Edmund King, president of the Automobile Association, says the plan is ‘optimistic’. And pointed out that only about 6% of local authorities have installed on-street charging facilities in residential areas.
The CCC stresses the need for a ‘modal shift’; including increasing the use of public transport; as well as cycling and walking.
5. Green Public Transport, Cycling and Walking
As well as electric cars, the government wants to encourage greener public transport, cycling and walking.
Boris just says the aim is to make cycling and walking more attractive ways to travel. And there will be investment in zero-emission public transport ‘in the future’. How it wants to do this is unclear.
There’s clearly a long way to go with this. In 2018, cycling made up just 1% of the mileage accumulated by all road traffic; while cars and taxis together accounted for 77%.
This is pretty shameful when you look at the Dutch. In Amsterdam, in 2017, 68% of traffic to and from work or school was by bike.

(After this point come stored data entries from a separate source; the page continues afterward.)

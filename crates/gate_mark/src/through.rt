//! Writes that are synced.
ghost use Rattle.std.specs.Prelude.{◌≡◌, ℕ, ◌+◌, ◌^◌, ◌≤◌, List, length, OnOk, IsErr};
ghost use Rattle.sector_extent.specs.Causes.{Charges};
ghost use Rattle.block_disk.specs.Changes.{put, Torn, Follows};
ghost use Rattle.block_disk.specs.Claims.{FileRun};
ghost use Rattle.gate_mark.specs.Through.{IsPut, IsTorn};

use block_disk::{Disk, DiskFailed};

/// Writes the bytes and syncs the file. At each moment a crash leaves an old outcome with the write
/// torn, and after Ok one with the write done.
pub(crate) fn write_through<D: Disk>(
    disk: &mut D,
    file: u32,
    at: u64,
    bytes: &[u8],
) -> Result<(), DiskFailed>
    requires { at + length bytes.now ≤ 2 ^ 50 }
    ensures run { FileRun file (D.state disk.old) (D.state disk.new)
        (IsTorn (D.state disk.old) file at (length bytes.now)) }
    ensures torn { (c : List ℕ) → (D.state disk.new).may_leave file c
        → IsTorn (D.state disk.old) file at (length bytes.now) c }
    ensures done { OnOk result ((c : List ℕ) → (D.state disk.new).may_leave file c
        → IsPut (D.state disk.old) file at bytes.now c) }
    ensures cause { Charges D.faults disk.old disk.new (IsErr result) }
{
    disk.write_at(file, at, bytes)?;
    disk.sync(file)?;
    Ok(())
}
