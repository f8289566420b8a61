//! A mark: 48 bytes that are changed at once, whatever a crash does.
#![tactic(auto)]

mod mark;
mod sets;
mod slots;
mod through;

pub use mark::{Mark, MarkFault, Rest, Slot};
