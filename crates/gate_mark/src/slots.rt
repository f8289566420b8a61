//! The bytes of the two slots.
ghost use Rattle.std.specs.Prelude.{◌≡◌, ℕ, ◌+◌, ◌^◌, ◌<◌, ◌≤◌, ◌==◌, ◌↔◌, List, length, IsTrue, IfOk, OnOk, replicate, IsErr};
ghost use Rattle.std.specs.Int.{to_le_bytes, w64};
ghost use Rattle.sector_extent.specs.Causes.{Charges};
ghost use Rattle.block_disk.specs.Changes.{piece, put, Only};
ghost use Rattle.block_disk.specs.Claims.{Quiet};
ghost use Rattle.gate_mark.specs.MarkFile.{gate_of, sequence_of, body_of};

use crate::mark::Slot;
use block_disk::{Disk, DiskFailed};

// Bytes of both slots.
const SLOTS: u64 = 1024;

/// What stands in a slot.
#[derive(Clone, Copy)]
pub(crate) struct SlotRead {
    pub(crate) is_open: bool,
    pub(crate) sequence: u64,
    pub(crate) body: [u8; 48],
}

// Puts the bytes at their place.
fn paste(out: &mut [u8], at: usize, bytes: &[u8])
    requires { at + length bytes.now ≤ length out.old }
    ensures { out.new ≡ put out.old at bytes.now }
{
    out[at..at + bytes.len()].copy_from_slice(bytes);
}

/// A sequence and a body, as they stand in a slot.
pub(crate) fn attempt_bytes(sequence: u64, body: &[u8; 48]) -> [u8; 56]
    ensures { result ≡ put (put (replicate 56 0) 0 (to_le_bytes w64 sequence)) 8 body.now }
{
    let mut bytes = [0; 56];
    paste(&mut bytes, 0, &sequence.to_le_bytes());
    paste(&mut bytes, 8, body);
    bytes
}

/// Both slots closed, with sequence 1 and the body in the first.
pub(crate) fn closed_slots(body: &[u8; 48]) -> [u8; 1024]
    ensures { result ≡ put (replicate 1024 0) 8 (put (put (replicate 56 0) 0 (to_le_bytes w64 1)) 8 body.now) }
{
    let mut slots = [0; 1024];
    paste(&mut slots, 8, &attempt_bytes(1, body));
    slots
}

/// What stands in a slot of these.
pub(crate) fn read_slot(slots: &[u8; 1024], slot: Slot) -> SlotRead
    ensures is_open { result.is_open ≡ (gate_of slot slots.now == 165) }
    ensures sequence { result.sequence ≡ sequence_of slot slots.now }
    ensures body { result.body ≡ body_of slot slots.now }
{
    let base = slot.base() as usize;
    let mut sequence = [0; 8];
    sequence.copy_from_slice(&slots[base + 8..base + 16]);
    let mut body = [0; 48];
    body.copy_from_slice(&slots[base + 16..base + 64]);
    SlotRead {
        is_open: slots[base] == 0xA5,
        sequence: u64::from_le_bytes(sequence),
        body,
    }
}

/// Syncs the file and reads both slots. False where it has not so many bytes.
pub(crate) fn read_both<D: Disk>(
    disk: &mut D,
    file: u32,
    out: &mut [u8; 1024],
) -> Result<bool, DiskFailed>
    ensures long { IfOk result (λ is_long. IsTrue D.tells
        → (IsTrue is_long ↔ (1024 ≤ length ((D.state disk.old).seen file)))) }
    ensures bytes { IfOk result (λ is_long. IsTrue D.tells → IsTrue is_long
        → out.new ≡ piece 0 1024 ((D.state disk.old).seen file)) }
    ensures durable { OnOk result (Only ((D.state disk.old).seen file) ((D.state disk.new).may_leave file)) }
    ensures quiet { Quiet (D.state disk.old) (D.state disk.new) }
    ensures cause { Charges D.faults disk.old disk.new (IsErr result) }
{
    disk.sync(file)?;
    if disk.size(file)? < SLOTS {
        return Ok(false);
    }
    disk.read_at(file, 0, out)?;
    Ok(true)
}
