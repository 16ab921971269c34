// Small meshes with two streams, through preflow pushing and through Trim over it: the greatest sum of both streams,
// the greatest total of stream 1, and what stream 2 carries beside it.
#![tactic(auto)]

use engine::arc::Arc;
use engine::engine::Engine;
use engine::greatest::greatest_total;
use engine::job::Job;
use engine::trim::Trim;
use flow::pairs::Pairs;
use flow::ranges::MOST_FED;
use flow::taps::Taps;
use preflow::preflow::Preflow;
use std::io;

// A link with slots, of which each of two flows may take half.
fn link(tail: u8, head: u8, slots: u32) -> Arc {
    Arc {
        tail,
        head,
        limit: slots / 2,
    }
}

// The ends of both streams, each a source and a goal.
fn pairs(one: (u8, u8), two: (u8, u8)) -> Pairs {
    let (source1, goal1) = one;
    let (source2, goal2) = two;
    Pairs {
        source1,
        goal1,
        source2,
        goal2,
    }
}

// What an engine feeds where stream 1 may have `first` and stream 2 `second`, if the numbers are in range.
fn fed<E: Engine>(
    engine: &mut E,
    links: &[Arc],
    pairs: Pairs,
    first: u32,
    second: u32,
) -> Option<u32> {
    let job = Job::new(links, pairs.ends(), Taps::both(first, second))?;
    Some(greatest_total(engine, &job))
}

// Half of total 1 and half of total 2, if the numbers are in range.
fn halves<E: Engine>(engine: &mut E, links: &[Arc], pairs: Pairs) -> Option<(u32, u32)> {
    let first = fed(engine, links, pairs, MOST_FED, 0)?;
    let ahead = fed(engine, links, pairs, first, MOST_FED)?;
    let behind = fed(engine, links, pairs.turned(), first, MOST_FED)?;
    Some((first, ahead.min(behind).saturating_sub(first)))
}

fn show(rt: &HostRuntime, name: &str, links: &[Arc], pairs: Pairs) -> io::Result<()> {
    let Some((one, two)) = halves(&mut Preflow, links, pairs) else {
        return println!(rt; "{name}: a number is out of range");
    };
    let trimmed = halves(&mut Trim { below: Preflow }, links, pairs);
    let total1 = 2 * u64::from(one);
    let total2 = 2 * u64::from(two);
    let same = if trimmed == Some((one, two)) {
        "the same"
    } else {
        "other totals"
    };
    let sum = total1 + total2;
    println!(rt; "{name}: sum {sum}, totals {total1} and {total2}; under Trim {same}")
}

fn lines(rt: &HostRuntime) -> io::Result<()> {
    show(rt, "no links", &[], pairs((0, 1), (2, 3)))?;
    let one = [link(0, 1, 10)];
    show(
        rt,
        "one link, both streams the same way",
        &one,
        pairs((0, 1), (0, 1)),
    )?;
    show(
        rt,
        "one link, opposite streams",
        &one,
        pairs((0, 1), (1, 0)),
    )?;
    let line = [link(0, 1, 4), link(1, 2, 6)];
    show(
        rt,
        "two links in line, opposite streams",
        &line,
        pairs((0, 2), (2, 0)),
    )?;
    let fork = [link(0, 1, 2), link(0, 2, 4)];
    show(
        rt,
        "two links from one source",
        &fork,
        pairs((0, 1), (0, 2)),
    )
}

fn crossings(rt: &HostRuntime) -> io::Result<()> {
    let bridge = [
        link(0, 4, 6),
        link(4, 5, 8),
        link(1, 5, 6),
        link(2, 4, 6),
        link(3, 5, 6),
    ];
    show(
        rt,
        "both streams over one bridge",
        &bridge,
        pairs((0, 1), (2, 3)),
    )?;
    show(
        rt,
        "the bridge, streams against each other",
        &bridge,
        pairs((0, 1), (3, 2)),
    )?;
    let ring = [link(0, 1, 2), link(1, 2, 2), link(2, 3, 2), link(0, 3, 2)];
    show(rt, "streams across a ring", &ring, pairs((0, 2), (1, 3)))?;
    let cut = [link(0, 1, 2), link(1, 2, 0), link(2, 3, 2), link(0, 3, 2)];
    show(
        rt,
        "the ring with a link of no slots",
        &cut,
        pairs((0, 2), (1, 3)),
    )?;
    let out = [
        link(0, 4, 6),
        link(4, 5, 0),
        link(1, 5, 6),
        link(2, 4, 6),
        link(3, 5, 6),
    ];
    show(rt, "the bridge without slots", &out, pairs((0, 1), (2, 3)))
}

fn main(rt: HostRuntime) -> io::Result<()> {
    lines(&rt)?;
    crossings(&rt)
}
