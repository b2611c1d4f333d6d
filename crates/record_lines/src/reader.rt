// The reader of a record's lines.
ghost use Rattle.std.specs.Prelude.{◌≡◌, ◌≢◌, ℕ, ◌+◌, ◌*◌, ◌<◌, ◌≤◌, ◌==◌, true, false, List, [], ◌∷◌, ◌++◌, take, length, position, is_none, IfOk, IfSome, IfNone, OnOk, OnErr};
ghost use Rattle.arrayvec.specs.ArrayVec.{array_vec_len};
ghost use Rattle.ecam_io.specs.Outside.{Rose, Appended};
ghost use Rattle.ecam_spec.specs.Keys.{IsEvent};
ghost use Rattle.ecam_spec.specs.RecordLine.{event_of, is_end, is_end_event};
ghost use Rattle.record_lines.specs.Reader.{room, settled, kept_answer, cost, fault_in, carried, filled, wait, lacks_line, reads_next};
ghost use Rattle.record_lines.specs.Reads.{Reads, Tells, Takes, MeetsEnd, Makes, Asks, last_call, piece_call, Gives, IsFromBytes, Advances, IsSpent};
ghost use Rattle.std.specs.Io.KnownBytes.{Consumes};

use crate::common::{is_tick_line, word_line};
use crate::line::{event_of, place_of};
use crate::outcome::{LineError, Stage};
use crate::piece::Piece;
use arrayvec::ArrayVec;
use ecam_io::{Failed, Source};
use ecam_kinds::Event;
use ecam_spec::{FaultKind, RecordFault, limits};
use std::marker::Model;

// How many bytes a line has at most, without its line feed.
const LONGEST: usize = limits::RECORD_LINE;

/// Reads the lines of a record from a source, under a limit on the number of bytes. It holds a piece of 4096 bytes
/// and a line of 32, reads only where nothing of the piece is left, and takes no memory. A Tick and a word on a bus of
/// one digit cost one look at each byte. Of any other line each byte is gone through once for the line feed and once
/// for its form, and where it lies across pieces it is copied once.
#[derive(Drop)]
pub struct LineReader {
    piece: Piece,
    // The bytes of the line that came before the piece.
    line: ArrayVec<u8, LONGEST>,
    // The number of the line, from 1.
    number: u32,
    // How many bytes may yet be read.
    allowance: u32,
    // Bytes beyond the limit were read.
    over: bool,
    stage: Stage,
}

impl Model for LineReader {
    ghost use Rattle.std.specs.Prelude.{◌+◌, ◌*◌, ◌^◌, ◌≤◌, length};
    ghost use Rattle.record_lines.specs.Reader.{ReaderState};

    ghost Value = { ReaderState };

    ghost view = { λ r. record {
      pending = r.piece;
      line = r.line.items;
      number = r.number;
      allowance = r.allowance;
      over = r.over;
      stage = r.stage;
    } };

    // A line that was read has two bytes at least, so that lines are few.
    ghost invariant = { λ r. 2 * r.number + length r.line.items + length r.piece + r.allowance ≤ 2 ^ 32 + 1 };
}
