// The forms of a line.
ghost use Rattle.std.specs.Prelude.{◌≡◌, ◌==◌, [], ◌∷◌, position};
ghost use Rattle.ecam_spec.specs.RecordLine.{bits_of, event_of, key_of, word_event};
ghost use Rattle.record_lines.specs.Line.{digit_value, named_key_of, number_of, number_within};

use ecam_kinds::{Event, Key};
use ecam_spec::limits;
use memchr::memchr;

// The event that a line says, without its line feed.
pub(crate) fn event_of(line: &[u8]) -> Option<Event>
    ensures { result ≡ event_of line.now }
{
    match line {
        [letter] => event_of_letter(*letter),
        [letter, b' ', words @ ..] => event_of_words(*letter, words),
        _ => None,
    }
}

// The event of a line of one letter.
fn event_of_letter(letter: u8) -> Option<Event>
    ensures { result ≡ event_of (letter ∷ []) }
{
    match letter {
        b'T' => Some(Event::Tick),
        b'E' => Some(Event::End),
        _ => None,
    }
}

// The event of a line with a letter, a blank and what follows it.
fn event_of_words(letter: u8, words: &[u8]) -> Option<Event>
    ensures { result ≡ event_of (letter ∷ 32 ∷ words.now) }
{
    match letter {
        b'W' => word_event(words),
        b'P' => key_of(words).map(Event::Press),
        b'R' => key_of(words).map(Event::Release),
        b'F' => number_within(words, 1, 2).map(Event::Fail),
        b'U' => number_within(words, 1, 2).map(Event::Up),
        _ => None,
    }
}

// A bus, one blank, and the word's eight digits.
fn word_event(words: &[u8]) -> Option<Event>
    ensures { result ≡ word_event words.now }
{
    let blank = place_of(b' ', words)?;
    let bus = number_within(&words[..blank], 0, 15)?;
    let bits = bits_of(&words[blank + 1..])?;
    Some(Event::Word { bus, bits })
}

// The first place of a byte.
pub(crate) fn place_of(byte: u8, bytes: &[u8]) -> Option<usize>
    ensures { result ≡ position (λ b. b == byte) bytes.now }
{
    memchr(byte, bytes)
}

// The bits of eight hexadecimal digits, highest first.
fn bits_of(word: &[u8]) -> Option<u32>
    ensures { result ≡ bits_of word.now }
{
    let mut bytes = [0; 4];
    match hex::decode_to_slice(word, &mut bytes) {
        Ok(()) => Some(u32::from_be_bytes(bytes)),
        Err(_) => None,
    }
}

// The key that a word names.
fn key_of(word: &[u8]) -> Option<Key>
    ensures { result ≡ key_of word.now }
{
    match word.strip_prefix(b"PG") {
        Some(number) => number_within(number, 1, limits::PAGES as u8).map(Key::Page),
        None => named_key_of(word),
    }
}

// The key that a word other than a page's names.
#[tactic(auto, using(crate::proofs::Numbers::named_cases))]
fn named_key_of(word: &[u8]) -> Option<Key>
    ensures { result ≡ named_key_of word.now }
{
    if word == b"CLR".as_slice() {
        Some(Key::Clr)
    } else if word == b"RCL".as_slice() {
        Some(Key::Rcl)
    } else if word == b"STS".as_slice() {
        Some(Key::Sts)
    } else if word == b"ALL".as_slice() {
        Some(Key::All)
    } else if word == b"EMER".as_slice() {
        Some(Key::Emer)
    } else if word == b"TOCFG".as_slice() {
        Some(Key::ToCfg)
    } else if word == b"MW".as_slice() {
        Some(Key::Mw)
    } else if word == b"MC".as_slice() {
        Some(Key::Mc)
    } else {
        None
    }
}

// A number of this range, which lies below 20, in decimal without leading zeros.
fn number_within(word: &[u8], low: u8, high: u8) -> Option<u8>
    ensures { result ≡ number_within low high word.now }
{
    number_of(word).filter(|n| low <= *n && *n <= high)
}

// A number 0 to 19 in decimal without leading zeros.
fn number_of(word: &[u8]) -> Option<u8>
    ensures { result ≡ number_of word.now }
{
    match word {
        [digit] => digit_value(*digit),
        [b'1', digit] => digit_value(*digit).map(|n| n + 10),
        _ => None,
    }
}

// What a decimal digit is worth.
pub(crate) fn digit_value(digit: u8) -> Option<u8>
    ensures { result ≡ digit_value digit }
{
    match digit {
        b'0'..=b'9' => Some(digit - b'0'),
        _ => None,
    }
}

Sustrans, custodians of the National Cycle Network; welcome the plan but warn that the government needs to build on the £2bn promised for walking and cycling.
Again, the £2bn allocated to walking and cycling initiatives seems very low; when compared to the £27bn investment in road building over the next five years.
Mick Cash, general secretary of the National Union of Rail; Maritime; and Transport Workers; was critical of the plan, calling it “disappointing” and lacking in detail.
He believes we should be focusing on the rail industry.
6. Jet Zero and Green Ships
A whopping 2% of global greenhouse gases come from air travel, and emissions have risen by 70% since 2005.
The International Civil Aviation Organization says we need to prevent emissions from increasing by 300% by 2050.
To drive down this figure; Boris has made a play on the words ‘net zero’ with his ambition to achieve ‘jet zero’. This is a commercial transatlantic flight producing no carbon emissions by 2025.
Many experts dismiss the plan as a gimmick.
Short-range electric flight is already possible (after using traditional fuel to get airborne). However, Gwyn Topham at The Guardian remarked:
“But as far as the technology goes, Johnson might have more luck building a garden bridge to France than getting British-made, long-haul, zero-emission passenger planes in service before 2050.”
The aviation industry says that long-haul electric or hydrogen planes are unlikely before the middle of the century, if ever.
By which time emissions should already have been cut to zero, so more efficient planes; carbon offsets; new taxes; and green jet fuels would be a better option.
Behavioural change is clearly key here. Greta Thunberg criticised the irony of people traveling by private jets to discuss climate change.
7. Greener Buildings
85% of UK homes are heated with natural gas, which has a substantial carbon footprint.
Heating is responsible for around 30% of the country’s greenhouse gas emissions.
As a proposed solution to this; the plan includes a target to install 600,000 heat pumps a year in British homes by 2028. However, the figure allocated for this, £9.2bn is nowhere near what the CCC has said is required.
According to the CCC, we need to be installing .5 million heat pumps every year by 2030; to meet the country’s net zero emissions commitment by 2050.
The plan also extends the Green Homes Grant and the Public Sector Decarbonisation Scheme for another year; and seeks to implement the Future Home Standard as soon as possible.
More on this later, when we look at how the government’s plan might specifically impact heating in the future.
8. Investing in Carbon Capture, Usage and Storage
Carbon capture and storage (CCS) is the process of capturing and storing carbon dioxide (CO2); before releasing it into the atmosphere.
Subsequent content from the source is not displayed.